> _Stored entries_:
# # #
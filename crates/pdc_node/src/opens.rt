//! The lives of a node, one after the other.
ghost use Rattle.std.specs.Prelude.{◌≡◌};
ghost use Rattle.pdc_life.specs.CoreKind.{given_of, OfNode};

use crate::node::Node;
use arrayvec::ArrayVec;
use pdc_core::{Core, Opens};
use pdc_life::{MAX_PMUS, Settings};
use pdc_row::Output;
use pdc_table::Table;
use std::alloc::{AllocError, Global};

/// A copy of a node's settings, which takes no memory.
pub fn copy_of(settings: &Settings) -> Settings
    ensures { result ≡ settings.now }
{
    let mut pmus = ArrayVec::new();
    pmus.try_extend_from_slice(settings.pmus.as_slice())
        .unwrap();
    Settings {
        output: settings.output,
        timing: settings.timing,
        pmus,
    }
}

impl<T: Table> Opens for Node<T> {
    ghost given_with = { λ settings start floor counts. given_of (OfNode settings) start floor
        counts 0 };

    ghost output_of = { λ settings. settings.output };

    fn output(&self) -> Output {
        self.settings().output
    }

    fn open_first(
        alloc: Global,
        settings: Settings,
        start: u32,
        floor: u64,
        counts: &[u16; MAX_PMUS],
    ) -> Result<Node<T>, AllocError> {
        Node::open(alloc, settings, start, floor, counts, 0)
    }

    fn open_next(
        &self,
        alloc: Global,
        start: u32,
        floor: u64,
        counts: &[u16; MAX_PMUS],
    ) -> Result<Node<T>, AllocError> {
        Node::open(alloc, copy_of(self.settings()), start, floor, counts, 0)
    }
}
# # #
> _TASK TO CARRY OUT_: Looking at the entries above, count the lines that contain the string "ghost", then give the number and nothing else.

> _EXERCISE RESULT_: 4